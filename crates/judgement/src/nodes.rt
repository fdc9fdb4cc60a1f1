// The nodes of a certificate, record by record, as they are put in a book's places.
ghost use Rattle.std.specs.Prelude.{◌≡◌, map, None, Ok, Err, cond, nat_le, ◌==◌};
ghost use Rattle.reader.specs.Entries.{entry_of};
ghost use Rattle.sheet.specs.Sheets.{automaton_of};
ghost use Rattle.zone.specs.declared.fault.ZoneFault.TheVariants.{OutOfRange};
ghost use Rattle.judgement.specs.Nodes.{put_latest, with_node, with_bound, advanced, all_advanced, progress, places_by};
ghost use Rattle.reader.specs.Readings.{sited_of};
ghost use Rattle.judgement.specs.Parts.{part_of};

use crate::certifier::Certifier;
use crate::fault::{CheckFault, at};
use book::{BookFault, PLACES, Place, Question};
use reader::{Fields, FileFault, Placed};
use zone::{Constraint, Zone, ZoneFault};

// The latest node, which is put once the record after its bounds has been judged.
#[derive(Clone, Copy)]
pub struct Pending<Z> {
    pub(crate) offset: usize,
    pub(crate) place: u8,
    pub(crate) location: u8,
    pub(crate) number: u16,
    pub(crate) zone: Z,
}

// Whether a bound is strict, by the byte that says so.
fn is_strict(byte: u8) -> Result<bool, ZoneFault>
    ensures { result ≡ cond (nat_le byte 1) (Ok (byte == 1)) (Err OutOfRange) }
{
    match byte {
        0 => Ok(false),
        1 => Ok(true),
        _ => Err(ZoneFault::OutOfRange),
    }
}

// The latest node under a bound, which stands at this offset; a bound before any node is out of place. The fields of a bound stand together here alone.
fn with_bound<Z: Zone>(
    latest: Option<Pending<Z>>,
    offset: usize,
    i: u8,
    j: u8,
    strict: u8,
    constant: i16,
) -> Result<Option<Pending<Z>>, CheckFault>
    ensures { result ≡ with_bound Z.calls latest offset i j strict constant }
{
    let node = latest.ok_or(FileFault::OutOfPlace(offset))?;
    let zone = is_strict(strict)
        .and_then(|strict| node.zone.constrain(Constraint {
            i,
            j,
            strict,
            constant: i32::from(constant),
        }))
        .map_err(|fault| CheckFault::Bound {
            fault,
            offset,
            place: node.place,
        })?;
    Ok(Some(Pending { zone, ..node }))
}

impl<'a, Z: Zone, Q: Question> Certifier<'a, Z, Q> {
    // Puts the latest node, if there is one.
    pub(crate) fn put_latest(
        &self,
        places: &mut [Place<Z::Row>],
        latest: Option<Pending<Z>>,
    ) -> Result<(), CheckFault>
        ensures { places_by result places.new ≡ put_latest Z.calls (Q.asks self.now.book.now.question) (automaton_of self.now.book.now.sheet) (places.old, latest) }
    {
        if let Some(node) = latest {
            at(
                node.offset,
                self.book
                    .put(places, node.place, node.location, node.number, &node.zone),
            )?;
        }
        Ok(())
    }

    // Puts the node before, and begins the one that a record names.
    fn with_node(
        &self,
        places: &mut [Place<Z::Row>],
        latest: Option<Pending<Z>>,
        offset: usize,
        place: u8,
        location: u8,
        number: u16,
    ) -> Result<Option<Pending<Z>>, CheckFault>
        ensures { progress result places.new ≡ with_node Z.calls (Q.asks self.now.book.now.question) (automaton_of self.now.book.now.sheet) (places.old, latest) offset place location number }
    {
        let sheet = self.book.sheet();
        if usize::from(place) >= PLACES || usize::from(location) >= sheet.location_count() {
            return Err(CheckFault::Book {
                fault: BookFault::OutOfRange,
                offset,
            });
        }
        self.put_latest(places, latest)?;
        let zone = Z::whole(sheet.clocks());
        Ok(Some(Pending {
            offset,
            place,
            location,
            number,
            zone,
        }))
    }

    // Takes one record of the certificate, and gives the latest node after it.
    fn advance(
        &self,
        places: &mut [Place<Z::Row>],
        latest: Option<Pending<Z>>,
        placed: &Placed<'_>,
    ) -> Result<Option<Pending<Z>>, CheckFault>
        ensures { progress result places.new ≡ advanced Z.calls (Q.asks self.now.book.now.question) (automaton_of self.now.book.now.sheet) (places.old, latest) placed.now.offset (part_of (entry_of placed.now.«record»)) }
    {
        let offset = placed.offset;
        match placed.record.fields() {
            Fields::Node {
                place,
                location,
                number,
            } => self.with_node(places, latest, offset, place, location, number),
            Fields::Bound {
                i,
                j,
                strict,
                constant,
            } => with_bound(latest, offset, i, j, strict, constant),
            Fields::FileEnd => Ok(latest),
            _ => Err(CheckFault::File(FileFault::OutOfPlace(offset))),
        }
    }

    // Takes the records of the certificate one by one, and gives the last node, which is not put yet. A loop, since of what a closure writes to the places nothing would be known.
    pub(crate) fn take_nodes(
        &self,
        places: &mut [Place<Z::Row>],
    ) -> Result<Option<Pending<Z>>, CheckFault>
        ensures { progress result places.new ≡ all_advanced Z.calls (Q.asks self.now.book.now.question) (automaton_of self.now.book.now.sheet) (places.old, None) (map sited_of self.now.records.now) }
    {
        let mut latest = None;
        for placed in self.records {
            latest = self.advance(places, latest, placed)?;
        }
        Ok(latest)
    }
}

....

Retype exactly the line with "for placed in" and each line after it until the records end, and include no other line.

### [Exercise answer]
        for placed in self.records {
            latest = self.advance(places, latest, placed)?;
        }
        Ok(latest)
    }
}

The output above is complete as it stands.